//! Format texts of PEP 3118, read and written.
use crate::check::check;
use elem_descr::{Descr, Field, Refusal, Scalar, format_read, format_write, typestr_write};
use std::alloc::{AllocError, Global};
use std::process::Abort;
use std::test::Fail;

/// A format text, the size of its items, and its fields with name, type string and offset; of a
/// record NumPy's type string is `|V` and its size. The sizes and the fields are those of NumPy, which
/// reads a format text by `numpy.core._internal._dtype_from_pep3118`. Only `f1` in `T{i:x:i}` is a
/// name of our own, and the last four texts are none that NumPy reads.
const READ: &[(&str, usize, &str)] = &[
    ("?", 1, "|b1"),
    ("b", 1, "|i1"),
    ("<B", 1, "|u1"),
    ("h", 2, "<i2"),
    (">H", 2, ">u2"),
    ("=i", 4, "<i4"),
    ("@I", 4, "<u4"),
    ("l", 8, "<i8"),
    ("<l", 4, "<i4"),
    ("^L", 8, "<u8"),
    (">L", 4, ">u4"),
    ("!q", 8, ">i8"),
    ("<Q", 8, "<u8"),
    ("5s", 5, "|S5"),
    ("s", 1, "|S1"),
    ("<0065536s", 65536, "|S65536"),
    ("T{i:x:}", 4, "x <i4 0"),
    ("T{<i:x:>h:y:}", 6, "x <i4 0 y >i2 4"),
    ("T{b:a:i:b:}", 8, "a |i1 0 b <i4 4"),
    ("T{^b:a:i:b:}", 5, "a |i1 0 b <i4 1"),
    ("T{<b:a:i:b:}", 5, "a |i1 0 b <i4 1"),
    ("T{b:a:q:b:h:c:}", 24, "a |i1 0 b <i8 8 c <i2 16"),
    ("T{=b:a:q:b:h:c:}", 11, "a |i1 0 b <i8 1 c <i2 9"),
    ("T{h:a:l:b:}", 16, "a <i2 0 b <i8 8"),
    ("T{<h:a:l:b:}", 6, "a <i2 0 b <i4 2"),
    ("T{b:a:3xi:b:}", 8, "a |i1 0 b <i4 4"),
    ("T{b:a:5xi:b:}", 12, "a |i1 0 b <i4 8"),
    ("T{<b:a:3xi:b:}", 8, "a |i1 0 b <i4 4"),
    ("T{2xh:a:x}", 6, "a <i2 2"),
    ("T{<2xh:a:x}", 5, "a <i2 2"),
    ("T{iii}", 12, "f0 <i4 0 f1 <i4 4 f2 <i4 8"),
    ("T{i:x:i}", 8, "x <i4 0 f1 <i4 4"),
    ("T{5s:name:B:age:}", 6, "name |S5 0 age |u1 5"),
    ("T{5s:name:i:age:}", 12, "name |S5 0 age <i4 8"),
    ("T{?:a:?:b:h:c:}", 4, "a |b1 0 b |b1 1 c <i2 2"),
    ("T{i:x:<q:y:}", 12, "x <i4 0 y <i8 4"),
    ("T{<q:x:@b:y:}", 9, "x <i8 0 y |i1 8"),
    ("T{@i:x:<b:y:}", 5, "x <i4 0 y |i1 4"),
    ("T{@i:x:>b:y:@b:z:}", 8, "x <i4 0 y |i1 4 z |i1 5"),
    ("T{b:a:>h:b:@i:c:}", 8, "a |i1 0 b >i2 1 c <i4 4"),
    (
        "T{q:a:b:b:q:c:b:d:}",
        32,
        "a <i8 0 b |i1 8 c <i8 16 d |i1 24",
    ),
    (
        "T{^q:a:b:b:q:c:b:d:}",
        18,
        "a <i8 0 b |i1 8 c <i8 9 d |i1 17",
    ),
    ("T{10x5s:t:}", 15, "t |S5 10"),
    ("T{B:a:xB:b:2xB:c:}", 6, "a |u1 0 b |u1 2 c |u1 5"),
    ("T{L:l:L:m:}", 16, "l <u8 0 m <u8 8"),
    ("T{>L:l:L:m:}", 8, "l >u4 0 m >u4 4"),
    ("T{b:x:T{i:y:}:s:}", 8, "x |i1 0 s |V4 4"),
    ("T{b:x:T{<i:y:}:s:}", 5, "x |i1 0 s |V4 1"),
    ("T{^b:x:T{i:y:}:s:}", 5, "x |i1 0 s |V4 1"),
    ("T{b:x:T{b:y:i:z:}:s:b:w:}", 16, "x |i1 0 s |V8 4 w |i1 12"),
    ("T{T{h:a:T{q:b:}:c:b:d:}:e:h:f:}", 32, "e |V24 0 f <i2 24"),
    ("T{T{T{T{b:x:}:t:}:s:}:r:}", 1, "r |V1 0"),
    ("T{b:x:T{b:y:>h:z:}:s:h:w:}", 6, "x |i1 0 s |V3 1 w >i2 4"),
    ("T{T{>h:a:}:s:h:b:}", 4, "s |V2 0 b >i2 2"),
    ("T{T{i:x:}:s:T{i:x:}:t:}", 8, "s |V4 0 t |V4 4"),
    ("T{b:a:3xT{<i:b:}:s:x}", 9, "a |i1 0 s |V4 4"),
    ("T{T{5s:n:B:a:}:p:i:k:}", 12, "p |V6 0 k <i4 8"),
    ("T{T{2xh:x:}:s:2x@q:y:}", 16, "s |V4 0 y <i8 8"),
    ("T{h:a:T{b:x:T{q:y:}:u:}:s:}", 24, "a <i2 0 s |V16 8"),
    ("T{b:x:T{T{T{q:a:}:b:}:c:}:d:}", 16, "x |i1 0 d |V8 8"),
    ("T{T{q:x:<b:y:}:s:@i:z:}", 16, "s |V9 0 z <i4 12"),
    ("T{i:x:T{b:x:}:s:}", 8, "x <i4 0 s |V1 4"),
    (" @ < i ", 4, "<i4"),
    (" < T{ i:x:  >  i:y: 2x } ", 10, "x <i4 0 y >i4 4"),
    ("T{i:x:0xi:y:}", 8, "x <i4 0 y <i4 4"),
    ("T{65535x?:last:}", 65536, "last |b1 65535"),
];

/// A text of records within records, its leaves with type string and offset in the item, and what is
/// written of it. The leaves are those of NumPy, which reads either text as one and the same type.
const NESTED: &[(&str, &str, &str)] = &[
    ("T{b:x:T{i:y:}:s:}", "|i1 0 <i4 4", "T{<b:x:3xT{<i:y:}:s:}"),
    ("T{b:x:T{<i:y:}:s:}", "|i1 0 <i4 1", "T{<b:x:T{<i:y:}:s:}"),
    (
        "T{b:x:T{b:y:i:z:}:s:b:w:}",
        "|i1 0 |i1 4 <i4 8 |i1 12",
        "T{<b:x:3xT{<b:y:3x<i:z:}:s:<b:w:3x}",
    ),
    (
        "T{T{h:a:T{q:b:}:c:b:d:}:e:h:f:}",
        "<i2 0 <i8 8 |i1 16 <i2 24",
        "T{T{<h:a:6xT{<q:b:}:c:<b:d:7x}:e:<h:f:6x}",
    ),
    (
        "T{T{T{T{b:x:}:t:}:s:}:r:}",
        "|i1 0",
        "T{T{T{T{<b:x:}:t:}:s:}:r:}",
    ),
    (
        "T{b:x:T{b:y:>h:z:}:s:h:w:}",
        "|i1 0 |i1 1 >i2 2 >i2 4",
        "T{<b:x:T{<b:y:>h:z:}:s:>h:w:}",
    ),
    (
        "T{T{5s:n:B:a:}:p:i:k:}",
        "|S5 0 |u1 5 <i4 8",
        "T{T{<5s:n:<B:a:}:p:2x<i:k:}",
    ),
    (
        "T{T{2xh:x:}:s:2x@q:y:}",
        "<i2 2 <i8 8",
        "T{T{2x<h:x:}:s:4x<q:y:}",
    ),
    (
        "T{h:a:T{b:x:T{q:y:}:u:}:s:}",
        "<i2 0 |i1 8 <i8 16",
        "T{<h:a:6xT{<b:x:7xT{<q:y:}:u:}:s:}",
    ),
    (
        "T{T{q:x:<b:y:}:s:@i:z:}",
        "<i8 0 |i1 8 <i4 12",
        "T{T{<q:x:<b:y:}:s:3x<i:z:}",
    ),
];

/// Where our texts differ from NumPy's: a record within is aligned by the mark at its `T`, where NumPy
/// takes the mark at its closing brace, and one without a name is called by its place.
const OUR_OWN: &[(&str, usize, &str)] = &[
    ("T{<T{@i:y:}:s:b:x:}", 5, "s |V4 0 x |i1 4"),
    ("T{b:x:T{q:y:<b:z:}:s:}", 17, "x |i1 0 s |V9 8"),
    ("T{b:x:T{i:y:}}", 8, "x |i1 0 f1 |V4 4"),
    (" T{ b:x: T{ i:y: } } ", 8, "x |i1 0 f1 |V4 4"),
];

const REFUSED: &[(&str, Refusal)] = &[
    ("i4", Refusal::BadDescriptor),
    ("", Refusal::BadDescriptor),
    ("<", Refusal::BadDescriptor),
    ("y", Refusal::BadDescriptor),
    ("5", Refusal::BadDescriptor),
    ("i<", Refusal::BadDescriptor),
    ("i5", Refusal::BadDescriptor),
    ("i :x:", Refusal::BadDescriptor),
    ("T{", Refusal::BadDescriptor),
    ("T{i:x:", Refusal::BadDescriptor),
    ("T{i:x}", Refusal::BadDescriptor),
    ("T{i :x:}", Refusal::BadDescriptor),
    ("T{5 s:x:}", Refusal::BadDescriptor),
    ("T{i:x:i:x:}", Refusal::BadDescriptor),
    ("T{i:f1:i}", Refusal::BadDescriptor),
    ("T{i:x:}<", Refusal::BadDescriptor),
    ("{i:x:}", Refusal::BadDescriptor),
    ("f", Refusal::DescriptorLeftOut),
    ("<d", Refusal::DescriptorLeftOut),
    ("3Zd", Refusal::DescriptorLeftOut),
    ("&i", Refusal::DescriptorLeftOut),
    ("(2)i", Refusal::DescriptorLeftOut),
    ("2i", Refusal::DescriptorLeftOut),
    ("3?", Refusal::DescriptorLeftOut),
    ("0s", Refusal::DescriptorLeftOut),
    ("x", Refusal::DescriptorLeftOut),
    ("i:x:", Refusal::DescriptorLeftOut),
    ("i:", Refusal::DescriptorLeftOut),
    ("i<h", Refusal::DescriptorLeftOut),
    ("i5s", Refusal::DescriptorLeftOut),
    ("99999s:a:", Refusal::DescriptorLeftOut),
    ("T{}", Refusal::DescriptorLeftOut),
    ("T{4x}", Refusal::DescriptorLeftOut),
    ("T{x:a:i:b:}", Refusal::DescriptorLeftOut),
    ("T{i::}", Refusal::DescriptorLeftOut),
    ("T{i:it's:}", Refusal::DescriptorLeftOut),
    ("5T{i:x:}", Refusal::DescriptorLeftOut),
    ("2T{", Refusal::DescriptorLeftOut),
    ("T{2T{i:x:}:y:}", Refusal::DescriptorLeftOut),
    ("T{T{}:x:}", Refusal::DescriptorLeftOut),
    ("T{T{4x}:x:}", Refusal::DescriptorLeftOut),
    ("T{T{T{T{T{b}}}}}", Refusal::DescriptorLeftOut),
    ("T{T{T{T{T{5", Refusal::DescriptorLeftOut),
    ("T{T{i:x:}::}", Refusal::DescriptorLeftOut),
    ("T{T{}5", Refusal::DescriptorLeftOut),
    ("T{i:x:}T{i:x:}", Refusal::DescriptorLeftOut),
    ("T{T{i:x:}:x:T{i:x:}:x:}", Refusal::BadDescriptor),
    ("T{i:x:T{i:y:}:x:}", Refusal::BadDescriptor),
    ("T{T{i:x:i:x:}:y:}", Refusal::BadDescriptor),
    ("T{T{i:x:}:y:", Refusal::BadDescriptor),
    ("T{T{i:x:}:y", Refusal::BadDescriptor),
    ("T{T{i:x:}", Refusal::BadDescriptor),
    ("T{T:x:}", Refusal::BadDescriptor),
    ("5T", Refusal::BadDescriptor),
    ("T{i:x:}i", Refusal::DescriptorLeftOut),
    ("65537s", Refusal::TooLarge),
    ("99999s i", Refusal::TooLarge),
    ("T{99999s:a:}", Refusal::TooLarge),
    ("T{99999999999999999999x:a:}", Refusal::TooLarge),
    ("T{65535xi:x:}", Refusal::TooLarge),
    ("T{T{65536x?}:a:}", Refusal::TooLarge),
    ("T{T{65535x?}:a:?:b:}", Refusal::TooLarge),
    ("T{T{65535x?}:a:T{?}:a:}", Refusal::BadDescriptor),
    ("T{65535x}", Refusal::DescriptorLeftOut),
];

const FIELDS: &[(&str, Option<usize>)] = &[("x", Some(0)), ("y", Some(1)), ("z", None)];

const WRITTEN: &[(&str, &str)] = &[
    ("i", "<i"),
    ("s", "<1s"),
    ("!l", ">i"),
    ("l", "<q"),
    (">B", "<B"),
    ("T{i:x:>h}", "T{<i:x:>h:f1:}"),
    ("T{b:a:i:b:}", "T{<b:a:3x<i:b:}"),
    ("T{2x5s:t:h:n:}", "T{2x<5s:t:1x<h:n:}"),
    ("T{q:a:?:b:}", "T{<q:a:<?:b:7x}"),
];

fn push_scalar(alloc: Global, shown: &mut Vec<u8>, scalar: &Scalar) -> Result<(), AllocError> {
    let text = typestr_write(alloc, *scalar)?;
    shown.extend_from_slice(text.as_slice())
}

fn push_number(alloc: Global, shown: &mut Vec<u8>, number: usize) -> Result<(), AllocError> {
    let text = format!(in alloc; " {number}")?;
    shown.extend_from_slice(text.as_bytes())
}

fn push_type(alloc: Global, shown: &mut Vec<u8>, descr: &Descr) -> Result<(), AllocError> {
    match descr {
        Descr::Scalar(scalar) => push_scalar(alloc, shown, scalar),
        Descr::Record(record) => {
            let text = format!(in alloc; "|V{}", record.size())?;
            shown.extend_from_slice(text.as_bytes())
        }
    }
}

fn push_field(alloc: Global, shown: &mut Vec<u8>, field: &Field) -> Result<(), AllocError> {
    if !shown.is_empty() {
        shown.push(b' ')?;
    }
    shown.extend_from_slice(field.name.as_slice())?;
    shown.push(b' ')?;
    push_type(alloc, shown, &field.descr)?;
    push_number(alloc, shown, field.at)
}

/// Appends the name, the type string and the offset of each field, or the type string of a scalar.
fn push_fields(alloc: Global, shown: &mut Vec<u8>, descr: &Descr) -> Result<(), AllocError> {
    match descr {
        Descr::Scalar(scalar) => push_scalar(alloc, shown, scalar)?,
        Descr::Record(record) => {
            for field in record.fields() {
                push_field(alloc, shown, field)?;
            }
        }
    }
    Ok(())
}

/// The descriptor has items of this size, and these fields.
fn is_as_told(
    rt: &impl Abort,
    alloc: Global,
    descr: &Descr,
    size: usize,
    fields: &str,
) -> Result<(), AllocError> {
    let mut shown = Vec::new(alloc);
    push_fields(alloc, &mut shown, descr)?;
    check(rt, descr.size() == size, fields);
    check(rt, shown.as_slice() == fields.as_bytes(), fields);
    Ok(())
}

/// What is written of a descriptor, read again.
fn read_again(alloc: Global, descr: &Descr) -> Result<Descr, Refusal> {
    let written = format_write(alloc, descr)?;
    format_read(alloc, written.as_slice())
}

/// A copy of what is written of a descriptor and read again.
fn copied(alloc: Global, descr: &Descr) -> Result<Descr, Refusal> {
    let again = read_again(alloc, descr)?;
    let copy = Descr::try_copy(alloc, &again)?;
    Ok(copy)
}

fn reads(
    rt: &impl Abort,
    alloc: Global,
    text: &str,
    size: usize,
    fields: &str,
) -> Result<(), Refusal> {
    let descr = format_read(alloc, text.as_bytes())?;
    is_as_told(rt, alloc, &descr, size, fields)?;
    let copy = copied(alloc, &descr)?;
    is_as_told(rt, alloc, &copy, size, fields)?;
    Ok(())
}

#[test]
fn formats_as_numpy_reads_them(rt: HostRuntime) -> Result<(), Fail> {
    for (text, size, fields) in READ {
        reads(&rt, rt.alloc(), text, *size, fields)?;
    }
    Ok(())
}

#[test]
fn formats_of_our_own(rt: HostRuntime) -> Result<(), Fail> {
    for (text, size, fields) in OUR_OWN {
        reads(&rt, rt.alloc(), text, *size, fields)?;
    }
    Ok(())
}

/// The type string and the offset of each leaf.
fn leaves(alloc: Global, descr: &Descr) -> Result<Vec<u8>, AllocError> {
    let mut shown = Vec::new(alloc);
    for k in 0..descr.leaf_count() {
        if k > 0 {
            shown.push(b' ')?;
        }
        let (scalar, at) = descr.leaf_at(k);
        push_scalar(alloc, &mut shown, &scalar)?;
        push_number(alloc, &mut shown, at)?;
    }
    Ok(shown)
}

fn nests(
    rt: &impl Abort,
    alloc: Global,
    text: &str,
    want: &str,
    spelled: &str,
) -> Result<(), Refusal> {
    let descr = format_read(alloc, text.as_bytes())?;
    let shown = leaves(alloc, &descr)?;
    check(rt, shown.as_slice() == want.as_bytes(), text);
    let again = copied(alloc, &descr)?;
    let written = format_write(alloc, &again)?;
    check(rt, written.as_slice() == spelled.as_bytes(), text);
    Ok(())
}

#[test]
fn records_within_records(rt: HostRuntime) -> Result<(), Fail> {
    for (text, leaves, written) in NESTED {
        nests(&rt, rt.alloc(), text, leaves, written)?;
    }
    Ok(())
}

/// A record of 32 bytes.
const RECORD: &str = "T{bbbbbbbbbbbbbbbbbbbbbbbbbbbbbbbb}";

/// The leaves of a record of so many such records and a last one.
fn read_leaves(alloc: Global, records: u32, last: &str) -> Result<usize, Refusal> {
    let mut text = String::from_str(alloc, "T{")?;
    for _ in 0..records {
        text.push_str(RECORD)?;
    }
    text.push_str(last)?;
    text.push_str("}")?;
    Ok(format_read(alloc, text.as_bytes())?.leaf_count())
}

const LEAVES: &[(u32, &str, Result<usize, Refusal>)] = &[
    (63, RECORD, Ok(2048)),
    (
        63,
        "T{bbbbbbbbbbbbbbbbbbbbbbbbbbbbbbbbb}",
        Err(Refusal::TooLarge),
    ),
    (64, "T{b}", Err(Refusal::TooLarge)),
];

#[test]
fn most_leaves(rt: HostRuntime) {
    for (records, last, wanted) in LEAVES {
        check(
            &rt,
            read_leaves(rt.alloc(), *records, last) == *wanted,
            last,
        );
    }
}

/// Records of 64 and of 65 bytes.
const FIELDS_OF: &[(&str, Result<usize, Refusal>)] = &[
    (
        "T{bbbbbbbbbbbbbbbbbbbbbbbbbbbbbbbbbbbbbbbbbbbbbbbbbbbbbbbbbbbbbbbb}",
        Ok(64),
    ),
    (
        "T{bbbbbbbbbbbbbbbbbbbbbbbbbbbbbbbbbbbbbbbbbbbbbbbbbbbbbbbbbbbbbbbbb}",
        Err(Refusal::TooLarge),
    ),
];

fn read_fields(alloc: Global, text: &str) -> Result<usize, Refusal> {
    Ok(format_read(alloc, text.as_bytes())?.fields().len())
}

#[test]
fn most_fields(rt: HostRuntime) {
    for (text, wanted) in FIELDS_OF {
        check(&rt, read_fields(rt.alloc(), text) == *wanted, text);
    }
}

#[test]
fn refused_formats(rt: HostRuntime) {
    for (text, refusal) in REFUSED {
        let found = format_read(rt.alloc(), text.as_bytes()).err();
        check(&rt, found == Some(*refusal), text);
    }
}

fn written(alloc: Global, text: &str) -> Result<Vec<u8>, Refusal> {
    let descr = format_read(alloc, text.as_bytes())?;
    let written = format_write(alloc, &descr)?;
    Ok(written)
}

#[test]
fn written_formats(rt: HostRuntime) -> Result<(), Fail> {
    for (text, want) in WRITTEN {
        let written = written(rt.alloc(), text)?;
        check(&rt, written.as_slice() == want.as_bytes(), text);
    }
    Ok(())
}

/// The fields of `T{i:x:2xh:y:}` by name and by place.
fn finds_fields(rt: &impl Abort, descr: &Descr) {
    for (name, place) in FIELDS {
        check(rt, descr.leaf_of(name.as_bytes()) == *place, name);
    }
    assert!(rt; descr.leaf_count() == 2);
    let (scalar, at) = descr.leaf_at(1);
    assert!(rt; (scalar.size(), at) == (2, 6));
}

#[test]
fn fields_by_name(rt: HostRuntime) -> Result<(), Fail> {
    let descr = format_read(rt.alloc(), b"T{i:x:2xh:y:}")?;
    finds_fields(&rt, &descr);
    let scalar = format_read(rt.alloc(), b"i")?;
    assert!(rt; scalar.leaf_of(b"").is_none());
    Ok(())
}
**********
▶ _EXERCISE OBJECTIVE_:
How many of the lines in this material contain the word "assert"? State the number and nothing else.

▶ _ANSWER TO THIS EXERCISE_:
3